After his application for restitution with the Financial Directorate Vienna pursuant to the First Restitution Act in 1947 all confiscated properties were restituted to Ernst P. The tutelage for Leopold P.’s properties was annulled in 1947. Equally, the same year, a part of the objective real estate was again repurposed from grassland to development area. The administration department 18 responsible for the repurposing into grassland in 1939, personally gave evidence of the fact that the repurposing during the National Socialist period took place for political and not for urban planning reasons. Also if a repurposing would not take place legitimate claims for compensation would have had to be expected. In 1955, Leopold and Ernst P. (meanwhile Friedrich Moriz was deceased) demanded from the City of Vienna the repurposing of the remaining part of the properties rededicated to grassland in 1939. This time the department 18 denied further adjustments in the zoning plan. However, it finally found a compromise with the two brothers according to which one part was repurposed and one part remained grassland. Later attempts at repurposing this last piece into development land remained unsuccessful. From the 1950s on, the P. brothers sold the properties which for the largest part had been repurposed into development land to private entities as well as to the City of Vienna. By the end of the 1970s, all properties of the P.-estate had been sold.

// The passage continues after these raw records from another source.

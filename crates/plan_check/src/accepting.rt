ghost use Rattle.std.specs.Prelude.{◌≡◌, ◌<◌, ◌≤◌, ◌^◌, IfSome, MatchResult, None, OnOk, Some, find, length, nat_le, slice_get};
ghost use Rattle.std.specs.List.{All};
ghost use Rattle.codelets.specs.Leveled.{AreLeveled};
ghost use Rattle.stage_plan.specs.Schedule.{IsPlan, atoms_at, is_kind, stage_at, stands_at, width};
ghost use Rattle.plan_check.specs.HandFaults.{early_if, first_early, first_wide, hand_fault, number_at, wide_at, wide_if};
ghost use Rattle.plan_check.specs.PlanText.{IsHandPlan};

use crate::fault::HandFault;
use crate::plan::HandPlan;
use codelets::{Codelet, Codelets, Kind};
use stage_plan::Place;

fn stage_of(places: &[Place], u: u32) -> u32
    requires { u < length places.now }
    ensures { result ≡ stage_at places.now u }
{
    places[u as usize].stage
}

fn codelet_at(codelets: &[Codelet], k: usize) -> &Codelet
    requires { k < length codelets.now }
    ensures { slice_get codelets.now k ≡ Some result.now }
{
    &codelets[k]
}

// The least statement number of the codelet at a position.
fn number_of(codelets: &[Codelet], u: u32) -> u32
    requires { u < length codelets.now }
    ensures { result ≡ number_at codelets.now u }
{
    codelets[u as usize].first
}

// The first of some codelets that stands at no earlier stage than this one.
fn first_late(places: &[Place], stage: u32, uses: &[u32]) -> Option<u32>
    requires { All (λ u. u < length places.now) uses.now }
    ensures value { result ≡ find (λ u. nat_le stage (stage_at places.now u)) uses.now }
    ensures within { IfSome result (λ u. u < length places.now) }
{
    'uses: for u in uses {
        if stage <= stage_of(places, *u) {
            return Some(*u);
        }
    }
    None
}

// The fault of the codelet at a position.
fn early_at(codelets: &[Codelet], places: &[Place], k: usize) -> Option<HandFault>
    requires within { k < length codelets.now }
    requires places { length places.now ≡ length codelets.now }
    requires few { length codelets.now ≤ 1024 }
    requires leveled { AreLeveled codelets.now }
    ensures { result ≡ early_if codelets.now places.now k (slice_get codelets.now k) }
{
    let codelet = codelet_at(codelets, k);
    match first_late(places, stage_of(places, k as u32), codelet.uses.as_slice()) {
        None => None,
        Some(used) => Some(HandFault::Early {
            codelet: codelet.first,
            used: number_of(codelets, used),
        }),
    }
}

// The first codelet that is not at a later stage than one that it uses.
fn first_early(codelets: &[Codelet], places: &[Place]) -> Option<HandFault>
    requires places { length places.now ≡ length codelets.now }
    requires few { length codelets.now ≤ 1024 }
    requires leveled { AreLeveled codelets.now }
    ensures { result ≡ first_early codelets.now places.now }
{
    'codelets: for k in 0..codelets.len() {
        match early_at(codelets, places, k) {
            None => {}
            Some(fault) => return Some(fault),
        }
    }
    None
}

fn is_of(kind: Kind, other: Kind) -> bool
    ensures { result ≡ is_kind kind other }
{
    match kind {
        Kind::Stateless => match other {
            Kind::Stateless => true,
            Kind::Stateful => false,
        },
        Kind::Stateful => match other {
            Kind::Stateless => false,
            Kind::Stateful => true,
        },
    }
}

fn stands(kind: Kind, stage: u32, place: &Place) -> bool
    ensures { result ≡ stands_at kind stage place.now }
{
    is_of(kind, place.kind) && stage == place.stage
}

// How many atoms of a kind a stage holds.
fn count(places: &[Place], kind: Kind, stage: u32) -> usize
    ensures { result ≡ atoms_at places.now kind stage }
{
    let mut count = 0;
    'places: for place in places {
        if stands(kind, stage, place) {
            count += 1;
        }
    }
    count
}

fn width_of(kind: Kind, stateless: usize, stateful: usize) -> usize
    ensures { result ≡ width stateless stateful kind }
{
    match kind {
        Kind::Stateless => stateless,
        Kind::Stateful => stateful,
    }
}

// The fault of a stage that has more atoms of a kind than its width.
fn wide(places: &[Place], kind: Kind, stage: u32, sl: usize, sf: usize) -> Option<HandFault>
    ensures { result ≡ wide_if sl sf places.now stage kind }
{
    if width_of(kind, sl, sf) < count(places, kind, stage) {
        Some(HandFault::Wide { stage, kind })
    } else {
        None
    }
}

// The fault of a stage.
fn wide_at(places: &[Place], stage: u32, sl: usize, sf: usize) -> Option<HandFault>
    ensures { result ≡ wide_at sl sf places.now stage }
{
    match wide(places, Kind::Stateless, stage, sl, sf) {
        Some(fault) => Some(fault),
        None => wide(places, Kind::Stateful, stage, sl, sf),
    }
}

// The least stage with more atoms of a kind than its width.
fn first_wide(places: &[Place], depth: u32, sl: usize, sf: usize) -> Option<HandFault>
    ensures { result ≡ first_wide depth sl sf places.now }
{
    'stages: for k in 0..depth {
        match wide_at(places, k + 1, sl, sf) {
            None => {}
            Some(fault) => return Some(fault),
        }
    }
    None
}

// Why places are no lawful plan for codelets.
fn fault(
    codelets: &[Codelet],
    places: &[Place],
    depth: u32,
    sl: usize,
    sf: usize,
) -> Option<HandFault>
    requires places { length places.now ≡ length codelets.now }
    requires few { length codelets.now ≤ 1024 }
    requires leveled { AreLeveled codelets.now }
    ensures { result ≡ hand_fault depth sl sf codelets.now places.now }
{
    match first_early(codelets, places) {
        Some(fault) => Some(fault),
        None => first_wide(places, depth, sl, sf),
    }
}

/// Whether a plan is lawful for a pipeline of `DEPTH` stages with at most `SL` atoms without and `SF` atoms with state each.
/// It was read for these codelets and this depth. `Early` comes exactly where some codelet is not at a later stage than one
/// that it uses: the first such codelet in order, with the first such used one. `Wide` comes exactly where that is not so and
/// some stage has more atoms of a kind than its width: the least such stage, and atoms without state come first. Takes no
/// memory.
pub fn accept<const DEPTH: usize, const SL: usize, const SF: usize>(
    codelets: &Codelets,
    plan: &HandPlan,
) -> Result<(), HandFault>
    requires { IsHandPlan DEPTH codelets.now.list plan.now }
    ensures plan { OnOk result (IsPlan DEPTH SL SF codelets.now.list plan.now) }
    ensures exact { MatchResult result (λ _. hand_fault DEPTH SL SF codelets.now.list plan.now ≡ None) (λ fault. hand_fault DEPTH SL SF codelets.now.list plan.now ≡ Some fault) }
{
    match fault(codelets.list(), &plan.places, DEPTH as u32, SL, SF) {
        Some(fault) => Err(fault),
        None => Ok(()),
    }
}
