ghost use Rattle.std.specs.Prelude.{◌≡◌, ◌<◌, length};
ghost use Rattle.stage_plan.specs.Schedule.{stage_at};

use stage_plan::Place;
use std::marker::Model;

/// A plan that was read for codelets, seen as the list of their places in order: for each its kind and its stage, from 1.
#[derive(Drop)]
pub struct HandPlan {
    pub(crate) places: Vec<Place>,
}

impl Model for HandPlan {
    ghost use Rattle.std.specs.Prelude.{List};
    ghost use Rattle.stage_plan.specs.declared.place.Place.{Place};

    ghost Value = { List Place };

    ghost view = { λ p. p.places.items };
}

impl HandPlan {
    /// The stage of the codelet at a position. Takes no memory.
    pub fn stage(&self, codelet: usize) -> u32
        requires { codelet < length self.now }
        ensures { result ≡ stage_at self.now codelet }
    {
        self.places[codelet].stage
    }
}
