//! Plans that somebody else made: their texts, whether they are lawful, and the configurations that they give.
#![tactic(auto)]

mod accepting;
mod configuring;
mod fault;
pub mod laws;
mod line;
mod plan;
mod reading;

pub use accepting::accept;
pub use configuring::configure;
pub use fault::{HandFault, PlanTextFault};
pub use plan::HandPlan;
pub use reading::read_plan;
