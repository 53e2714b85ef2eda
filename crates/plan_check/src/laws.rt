//! Laws of plans by hand. A call does nothing.
ghost use Rattle.std.specs.Prelude.{◌≡◌, ◌<◌, ◌^◌, ℕ, [], Bool, true, List, None, Result, length, map};
ghost use Rattle.dom_words.specs.State.{Hash};
ghost use Rattle.dom_flat.specs.Meaning.{flat_outcome};
ghost use Rattle.codelets.specs.declared.codelet.Codelet.{Codelet};
ghost use Rattle.codelets.specs.Leveled.{AreLeveled};
ghost use Rattle.stage_plan.specs.declared.place.Place.{Place};
ghost use Rattle.stage_plan.specs.Schedule.{IsPlan, all_placed, schedule};
ghost use Rattle.atom_match.specs.Atoms.{AtomForm, first_outside};
ghost use Rattle.banzai_config.specs.Action.{Arrays, outcome_of};
ghost use Rattle.banzai_config.specs.Checked.{shape_with};
ghost use Rattle.banzai_config.specs.Legal.{LegalFor, Shape, are_names, name_of_array};
ghost use Rattle.compile_law.specs.Compiled.{AreAtomsOf, compiled_parts};
ghost use Rattle.compile_law.specs.Runs.{RunsAs};
ghost use Rattle.container_plan.specs.Shared.{shared};
ghost use Rattle.plan_check.specs.HandFaults.{hand_fault};
ghost use Rattle.plan_check.specs.Placed.{placed};
ghost use Rattle.plan_check.specs.PlanText.{IsHandPlan, IsPlanAnswer};

use atom_traits::AtomTemplate;
use codelets::Codelets;

/// A text is one thing for codelets and a depth: one plan, or one first line that is not right.
pub fn one_plan()
    ensures { (depth : ℕ) (cs : List Codelet) (text : List ℕ) (a b : Result (List Place) ℕ) → IsPlanAnswer depth cs text a → IsPlanAnswer depth cs text b → a ≡ b }
{}

/// A plan by hand has no fault exactly where it keeps what every plan keeps.
pub fn accepted_is_plan()
    ensures plan { (depth : ℕ) (sl : ℕ) (sf : ℕ) (cs : List Codelet) (places : List Place) → IsHandPlan depth cs places → hand_fault depth sl sf cs places ≡ None → IsPlan depth sl sf cs places }
    ensures hand { (depth : ℕ) (sl : ℕ) (sf : ℕ) (cs : List Codelet) (places : List Place) → depth < 2 ^ 32 → IsPlan depth sl sf cs places → IsHandPlan depth cs places }
    ensures accepted { (depth : ℕ) (sl : ℕ) (sf : ℕ) (cs : List Codelet) (places : List Place) → IsPlan depth sl sf cs places → hand_fault depth sl sf cs places ≡ None }
{}

/// Where the list schedule places all codelets, its places are those of a plan by hand (`hand`) that has no fault
/// (`accepted`), and codelets at them are what the compiler makes of them: parts at the stages of the schedule whose values
/// share containers (`same`).
pub fn schedule_is_accepted(codelets: &Codelets)
    ensures hand { (depth : ℕ) (sl : ℕ) (sf : ℕ) (places : List Place) → depth < 2 ^ 32 → schedule depth sl sf [] codelets.now.list ≡ all_placed places → IsHandPlan depth codelets.now.list places }
    ensures accepted { (depth : ℕ) (sl : ℕ) (sf : ℕ) (places : List Place) → schedule depth sl sf [] codelets.now.list ≡ all_placed places → hand_fault depth sl sf codelets.now.list places ≡ None }
    ensures same { (depth : ℕ) (atoms : List AtomForm) (places : List Place) → placed codelets.now depth atoms places ≡ shared (compiled_parts codelets.now depth atoms places) }
{}

/// Codelets at the stages of a plan are legal for each target of these numbers whose template the trees fit and which has
/// multipliers where an operator needs one, where the names of fields and those of arrays differ and are spelled as names.
pub fn placed_is_legal<T: AtomTemplate>(codelets: &Codelets)
    ensures { (depth : ℕ) (sl : ℕ) (sf : ℕ) (multiplies : Bool) (atoms : List AtomForm) (places : List Place) → AreAtomsOf codelets.now atoms → IsPlan depth sl sf codelets.now.list places → first_outside T.fits multiplies codelets.now ≡ None → are_names codelets.now.flat.fields ≡ true → are_names (map name_of_array codelets.now.flat.arrays) ≡ true → LegalFor (shape_with T.fits T.CONST_BITS depth sl sf multiplies) (placed codelets.now depth atoms places) }
{}

/// One packet through all stages and the outputs of placed codelets is what the statement list makes of it, for every plan
/// whose parts are legal for some target, every hash and every state.
pub fn placed_does_as_listed(codelets: &Codelets)
    ensures { (s : Shape) (depth : ℕ) (sl : ℕ) (sf : ℕ) (atoms : List AtomForm) (places : List Place) → AreAtomsOf codelets.now atoms → IsPlan depth sl sf codelets.now.list places → LegalFor s (compiled_parts codelets.now depth atoms places) → (hash : Hash) (state : Arrays) (packet : List ℕ) → length packet ≡ length codelets.now.flat.fields → outcome_of hash (placed codelets.now depth atoms places) state packet ≡ flat_outcome hash codelets.now.flat.lines codelets.now.flat.outputs packet state }
{}

/// One packet after another through placed codelets, from the initial words of the arrays, is the serial run of every meaning
/// of the statement list.
pub fn placed_is_serial(codelets: &Codelets)
    ensures { (s : Shape) (depth : ℕ) (sl : ℕ) (sf : ℕ) (atoms : List AtomForm) (places : List Place) → AreAtomsOf codelets.now atoms → IsPlan depth sl sf codelets.now.list places → LegalFor s (compiled_parts codelets.now depth atoms places) → RunsAs codelets.now.flat (placed codelets.now depth atoms places) }
{}
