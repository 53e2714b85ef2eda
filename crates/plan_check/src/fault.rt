use codelets::Kind;

/// Why a text is no plan for codelets and a depth.
#[derive(Clone, Copy, Debug, PartialEq, Eq)]
pub enum PlanTextFault {
    /// The first line that is not right, counted from 1: a missing line, a further line and a rest without a line feed are
    /// not right either.
    Line(u32),
    /// Want of memory.
    Memory,
}

/// Why a plan is not lawful.
#[derive(Clone, Copy, Debug, PartialEq, Eq)]
pub enum HandFault {
    /// A codelet that is not at a later stage than one that it uses, both by their least statement numbers.
    Early { codelet: u32, used: u32 },
    /// A stage with more atoms of a kind than its width.
    Wide { stage: u32, kind: Kind },
}
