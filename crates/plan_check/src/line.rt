ghost use Rattle.std.specs.Prelude.{◌≡◌, ◌≢◌, ◌≤◌, ◌++◌, ℕ, IfNone, List, length};
ghost use Rattle.plan_check.specs.PlanText.{plan_line};
ghost use Rattle.std.specs.Option.{option_map};
ghost use Rattle.plan_check.specs.Fronts.{number_form, rest_form};
ghost use Rattle.plan_check.specs.Reader.{after, digits_of, has_no_zero, line_end, line_from, number_from, size_of_digits, stage_after};

use dom_words::read_count;

/// A number at the front of a text, and what stands behind it.
#[derive(Clone, Copy)]
pub(crate) struct Number<'a> {
    pub(crate) value: u32,
    pub(crate) rest: &'a [u8],
}

// What stands behind a front.
fn after<'a>(front: &[u8], text: &'a [u8]) -> Option<&'a [u8]>
    ensures { option_map rest_form result ≡ after front.now text.now }
{
    match front {
        [] => Some(text),
        [b, front @ ..] => match text {
            [] => None,
            [c, text @ ..] => { if *b == *c { after(front, text) } else { None } }
        },
    }
}

#[tactic(auto, using(crate::proofs::Numbers::sizes))]
fn digit_count(text: &[u8]) -> usize
    ensures value { result ≡ size_of_digits text.now }
    ensures within { result ≤ length text.now }
{
    text.iter().take_while(|b| b.is_ascii_digit()).count()
}

fn has_no_zero(digits: &[u8]) -> bool
    ensures { result ≡ has_no_zero digits.now }
{
    match digits {
        [] => false,
        [d, rest @ ..] => *d != b'0' || rest.is_empty(),
    }
}

// The number at the front of a text, in decimals without leading zeros.
fn read_number(text: &[u8]) -> Option<Number<'_>>
    ensures { option_map number_form result ≡ number_from text.now }
{
    let size = digit_count(text);
    let digits = &text[..size];
    if has_no_zero(digits) {
        match read_count(digits) {
            None => None,
            Some(value) => Some(Number {
                value,
                rest: &text[size..],
            }),
        }
    } else {
        None
    }
}

// The line feed behind a stage.
fn line_end(number: Number<'_>, depth: u32) -> Option<Number<'_>>
    ensures { option_map number_form result ≡ line_end depth (number_form number.entry) }
{
    if 1 <= number.value && number.value <= depth {
        match after(b"\n", number.rest) {
            None => None,
            Some(rest) => Some(Number {
                value: number.value,
                rest,
            }),
        }
    } else {
        None
    }
}

// The stage behind the least statement number.
fn stage_after(number: Number<'_>, first: u32, depth: u32) -> Option<Number<'_>>
    ensures { option_map number_form result ≡ stage_after first depth (number_form number.entry) }
{
    if number.value == first {
        match after(b",", number.rest) {
            None => None,
            Some(text) => match read_number(text) {
                None => None,
                Some(stage) => line_end(stage, depth),
            },
        }
    } else {
        None
    }
}

// The line of a codelet at the front of a text.
fn front_line(text: &[u8], first: u32, depth: u32) -> Option<Number<'_>>
    ensures { option_map number_form result ≡ line_from first depth text.now }
{
    match after(b"codelet,", text) {
        None => None,
        Some(text) => match read_number(text) {
            None => None,
            Some(number) => stage_after(number, first, depth),
        },
    }
}

/// The stage in the line of a codelet at the front of a text, and what stands behind the line.
pub(crate) fn line_at_front(text: &[u8], first: u32, depth: u32) -> Option<Number<'_>>
    ensures line { option_map number_form result ≡ line_from first depth text.now }
    ensures none { IfNone result ((stage : ℕ) (more : List ℕ) → 1 ≤ stage → stage ≤ depth → text.now ≢ plan_line first stage ++ more) }
{
    front_line(text, first, depth)
}
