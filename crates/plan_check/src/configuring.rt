ghost use Rattle.std.specs.Prelude.{◌≡◌, ◌≤◌, IfOk, None, OnOk, map, true};
ghost use Rattle.stage_plan.specs.Schedule.{IsPlan};
ghost use Rattle.atom_match.specs.Atoms.{atom_form, first_outside};
ghost use Rattle.banzai_config.specs.Checked.{shape_with};
ghost use Rattle.banzai_config.specs.Legal.{LegalFor, are_names, name_of_array};
ghost use Rattle.compile_law.specs.Compiled.{AreAtomsOf, compiled_parts};
ghost use Rattle.plan_check.specs.Placed.{placed};

use crate::plan::HandPlan;
use atom_match::Atoms;
use atom_traits::AtomTemplate;
use banzai_config::Config;
use codelets::Codelets;
use compile_parts::configured;
use container_plan::share;
use dom_words::Memory;
use stage_plan::{Place, Stages};
use std::alloc::Global;

fn copied(alloc: Global, places: &[Place]) -> Result<Stages, Memory>
    ensures { IfOk result (λ stages. stages ≡ places.now) }
{
    let mut copy = Vec::new(alloc);
    for place in places {
        copy.push(*place).map_err(|_| Memory)?;
    }
    Ok(Stages::of(copy))
}

/// The configuration of codelets whose atoms stand at the stages of an accepted plan, on a pipeline with `DEPTH` stages of
/// at most `SL` atoms without and `SF` atoms with state, and with multipliers where `MUL` holds. Its values share containers,
/// and it is legal.
pub fn configure<
    T: AtomTemplate,
    const DEPTH: usize,
    const SL: usize,
    const SF: usize,
    const MUL: bool,
>(
    alloc: Global,
    codelets: &Codelets,
    atoms: &Atoms<T>,
    plan: &HandPlan,
) -> Result<Config<T>, Memory>
    requires depth { (1 ≤ DEPTH) × (DEPTH ≤ 65535) }
    requires stateless { (1 ≤ SL) × (SL ≤ 65535) }
    requires stateful { (1 ≤ SF) × (SF ≤ 65535) }
    requires accepted { IsPlan DEPTH SL SF codelets.now.list plan.now }
    requires atoms { AreAtomsOf codelets.now (map (atom_form T.trees_of) atoms.now.list) }
    requires fit { first_outside T.fits MUL codelets.now ≡ None }
    requires fields { are_names codelets.now.flat.fields ≡ true }
    requires arrays { are_names (map name_of_array codelets.now.flat.arrays) ≡ true }
    ensures parts { IfOk result (λ c. c ≡ placed codelets.now DEPTH (map (atom_form T.trees_of) atoms.now.list) plan.now) }
    ensures unshared { OnOk result (LegalFor (shape_with T.fits T.CONST_BITS DEPTH SL SF MUL) (compiled_parts codelets.now DEPTH (map (atom_form T.trees_of) atoms.now.list) plan.now)) }
    ensures legal { OnOk result (LegalFor (shape_with T.fits T.CONST_BITS DEPTH SL SF MUL) (placed codelets.now DEPTH (map (atom_form T.trees_of) atoms.now.list) plan.now)) }
{
    let stages = copied(alloc, &plan.places)?;
    let config = configured::<T, DEPTH, SL, SF, MUL>(alloc, codelets, atoms, &stages)?;
    Ok(share::<T, DEPTH, SL, SF, MUL>(alloc, config)?)
}
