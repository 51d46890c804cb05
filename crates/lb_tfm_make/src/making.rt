//! Fonts that are made.
ghost use Rattle.std.specs.Prelude.{◌≡◌, ◌+◌, ◌≤◌, ◌<◌, ◌++◌, length, IfOk, IfErr, OnOk};
ghost use Rattle.std.specs.List.{concat};
ghost use Rattle.lb_tfm_make.specs.FontBytes as bytes;
ghost use Rattle.lb_tfm_make.specs.FontSpecs.{IsValid};
ghost use Rattle.lb_tfm_make.specs.MadeFonts.{IsMadeOf, IsStop};

use crate::codes::{first_code, last_code};
use crate::number::{Word, counts};
use crate::programs::{lefts, step_words};
use crate::sections::body;
use crate::spec::FontSpec;
use crate::stop::MakeStop;
use crate::widths::distinct_widths;
use lb_base::Bytes;
use std::alloc::{AllocError, Global};

/// The most distinct widths, since the index of a width is a byte.
const MOST_WIDTHS: usize = 255;

/// The TFM file of a description. Each font that it gives has the metrics of the description's rows
/// and its steps, at every size.
pub fn make(alloc: Global, spec: &FontSpec) -> Result<Bytes, MakeStop>
    requires { IsValid spec.now }
    ensures made { IfOk result (λ made. IsMadeOf spec.now made) }
    ensures bytes { IfOk result (λ made. made ≡ bytes.file_of spec.now) }
    ensures few { OnOk result (length (bytes.distinct_widths spec.now.widths) ≤ 255) }
    ensures stop { IfErr result (λ stop. IsStop spec.now stop) }
{
    let widths = distinct_widths(alloc, spec.widths.as_slice())?;
    if widths.len() > MOST_WIDTHS {
        return Err(MakeStop::TooManyWidths);
    }
    let bytes = file(alloc, spec, &widths)?;
    Ok(bytes)
}

/// The file of a description with these distinct widths.
fn file(alloc: Global, spec: &FontSpec, widths: &[i32]) -> Result<Bytes, AllocError>
    requires valid { IsValid spec.now }
    requires few { length widths.now ≤ 255 }
    requires widths { widths.now ≡ bytes.distinct_widths spec.now.widths }
    ensures bytes { IfOk result (λ made. made ≡ bytes.file_of spec.now) }
    ensures last { OnOk result (bytes.last_code 0 spec.now.widths < 256) }
    ensures check { OnOk result (spec.now.check < 4294967296) }
{
    let starts = lefts(alloc, spec.widths.as_slice(), spec.steps.as_slice())?;
    let steps = step_words(alloc, spec.steps.as_slice(), &starts)?;
    let body = body(alloc, spec, widths, &starts, &steps)?;
    let mut out = Vec::new(alloc);
    push_counts(&mut out, spec, widths.len(), steps.len(), body.len())?;
    push_words(&mut out, &body)?;
    Ok(Bytes::from_vec(out))
}

/// Adds the counts of a file with so many distinct widths, steps, and words behind the counts.
fn push_counts(
    out: &mut Vec<u8>,
    spec: &FontSpec,
    widths: usize,
    steps: usize,
    words: usize,
) -> Result<(), AllocError>
    requires some { 0 < length spec.now.widths }
    requires few { widths ≤ 255 }
    requires widths { widths + 1 ≡ length (bytes.width_section spec.now) }
    requires steps { steps ≡ length (bytes.step_section spec.now) }
    requires words { words ≡ length (bytes.joined (bytes.sections spec.now)) }
    requires short { words < 32762 }
    requires low { steps ≤ words }
    ensures { OnOk result (out.new.items ≡ out.old.items ++ concat (bytes.count_words spec.now)) }
{
    let rows = spec.widths.as_slice();
    out.extend_from_slice(&counts(6 + words as u16, 2))?;
    out.extend_from_slice(&counts(u16::from(first_code(rows)), u16::from(last_code(rows))))?;
    out.extend_from_slice(&counts(1 + widths as u16, 2))?;
    out.extend_from_slice(&counts(2, 1))?;
    out.extend_from_slice(&counts(steps as u16, 0))?;
    out.extend_from_slice(&counts(0, 7))
}

fn push_words(out: &mut Vec<u8>, words: &[Word]) -> Result<(), AllocError>
    ensures { OnOk result (out.new.items ≡ out.old.items ++ concat words.now) }
{
    for word in words {
        out.extend_from_slice(word)?;
    }
    Ok(())
}
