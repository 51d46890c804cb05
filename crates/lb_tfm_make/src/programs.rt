//! Ligature programs: for each character that has steps one that says where its program begins, and
//! then the programs.
ghost use Rattle.std.specs.Prelude.{◌≡◌, ◌+◌, ◌≤◌, ◌<◌, ◌++◌, [], ◌∷◌, length, if◌then◌else◌, ◌==◌, IfOk, OnOk};
ghost use Rattle.std.specs.List.{list_any};
ghost use Rattle.lb_tfm_make.specs.FontBytes as bytes;

use crate::codes::{first_code, last_code};
use crate::number::Word;
use crate::spec::{CharWidth, PairStep};
use std::alloc::{AllocError, Global};

/// The skip of a step that says where a program begins.
const RESTART: u8 = 254;

/// The skip of the last step of a program.
const STOP: u8 = 128;

/// The codes that have steps, in order.
pub fn lefts(alloc: Global, rows: &[CharWidth], steps: &[PairStep]) -> Result<Vec<u8>, AllocError>
    requires { 0 < length rows.now }
    ensures codes { IfOk result (λ codes. codes.items ≡ bytes.lefts steps.now (bytes.codes_of rows.now)) }
    ensures last { OnOk result (bytes.last_code 0 rows.now < 256) }
{
    let mut codes = Vec::new(alloc);
    for code in u16::from(first_code(rows))..u16::from(last_code(rows)) + 1 {
        push_left(&mut codes, steps, code as u8)?;
    }
    Ok(codes)
}

/// Adds a code that has steps.
fn push_left(codes: &mut Vec<u8>, steps: &[PairStep], code: u8) -> Result<(), AllocError>
    ensures { OnOk result (codes.new.items ≡ codes.old.items ++ (if list_any (bytes.is_left code) steps.now then code ∷ [] else [])) }
{
    if !has_steps(steps, code) {
        return Ok(());
    }
    codes.push(code)?;
    Ok(())
}

fn has_steps(steps: &[PairStep], code: u8) -> bool
    ensures { result ≡ list_any (bytes.is_left code) steps.now }
{
    for step in steps {
        if step.left == code {
            return true;
        }
    }
    false
}

/// How many steps are behind a character.
fn count_behind(steps: &[PairStep], code: u8) -> usize
    ensures { result ≡ length (bytes.steps_behind steps.now code) }
{
    steps.iter().filter(|step| step.left == code).count()
}

/// The place among the codes that have steps.
pub fn place_among(codes: &[u8], code: u8) -> Option<u8>
    requires { length codes.now ≤ 256 }
    ensures { result ≡ bytes.place_among codes.now code }
{
    for (place, other) in codes.iter().enumerate() {
        if *other == code {
            return Some(place as u8);
        }
    }
    None
}

/// The steps of the file, where these codes have steps.
pub fn step_words(alloc: Global, steps: &[PairStep], codes: &[u8]) -> Result<Vec<Word>, AllocError>
    requires { length codes.now + length (bytes.programs steps.now codes.now) ≤ 4352 }
    ensures { IfOk result (λ words. words.items ≡ bytes.step_words steps.now codes.now) }
{
    let mut words = Vec::new(alloc);
    push_restarts(&mut words, steps, codes)?;
    for code in codes {
        push_program(&mut words, steps, *code)?;
    }
    Ok(words)
}

/// Adds the steps that say where the programs begin.
fn push_restarts(words: &mut Vec<Word>, steps: &[PairStep], codes: &[u8]) -> Result<(), AllocError>
    requires { length codes.now + length (bytes.programs steps.now codes.now) ≤ 4352 }
    ensures { OnOk result (words.new.items ≡ words.old.items ++ bytes.restarts steps.now (length codes.now) codes.now) }
{
    let mut place = codes.len();
    for code in codes {
        words.push([RESTART, 0, (place / 256) as u8, (place % 256) as u8])?;
        place += count_behind(steps, *code);
    }
    Ok(())
}

/// Adds the program of a character.
fn push_program(words: &mut Vec<Word>, steps: &[PairStep], code: u8) -> Result<(), AllocError>
    ensures { OnOk result (words.new.items ≡ words.old.items ++ bytes.program_words (bytes.steps_behind steps.now code)) }
{
    let mut left = count_behind(steps, code);
    for step in steps {
        if step.left != code {
            continue;
        }
        left -= 1;
        push_step(words, *step, left)?;
    }
    Ok(())
}

/// Adds a step of a program that has so many later ones.
fn push_step(words: &mut Vec<Word>, step: PairStep, later: usize) -> Result<(), AllocError>
    ensures { OnOk result (words.new.items ≡ words.old.items ++ ((if later == 0 then 128 else 0) ∷ step.right ∷ step.op ∷ step.rem ∷ []) ∷ []) }
{
    let skip = if later == 0 { STOP } else { 0 };
    words.push([skip, step.right, step.op, step.rem])?;
    Ok(())
}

Three of the present applicants, descendants of Ernst P., based their application for restitution on the properties never having been restituted to Ernst P. However, this had happened in 1948 by decree of the Financial Directorate Vienna. Hence, the request for restitution had been positively decided in a prior procedure. Further, an entitlement to application could not be established. The heirs to Leopold and Friedrich Moriz P., among other things, brought forward that the repurposing from development area to grassland corresponded to a dispossession. For the first time the Arbitration Panel dealt with the question whether a repurposing of development area into grassland represents a confiscation as defined in the General Settlement Fund Law. The repurposing by the City of Vienna was arbitrary and was implemented for racial-political reasons and was also connected to the influence of the National Socialist representatives of the allotment garden associations. However, it did not correspond with a confiscation but with a depreciation. A confiscation implies that the owner changes. However, this was not the case with Leopold and Friedrich Moriz P.’s properties. As defined in the system of the General Settlement Fund Law the losses generated by the repurposing would have to be asserted exclusively in the procedure for financial compensation. However, a decision in this matter does not fall into the area of responsibility of the Arbitration Panel. For these reasons, the restitution of the real estate could not be recommended.
 
For use by media; not legally binding upon the Arbitration Panel for In Rem Restitution.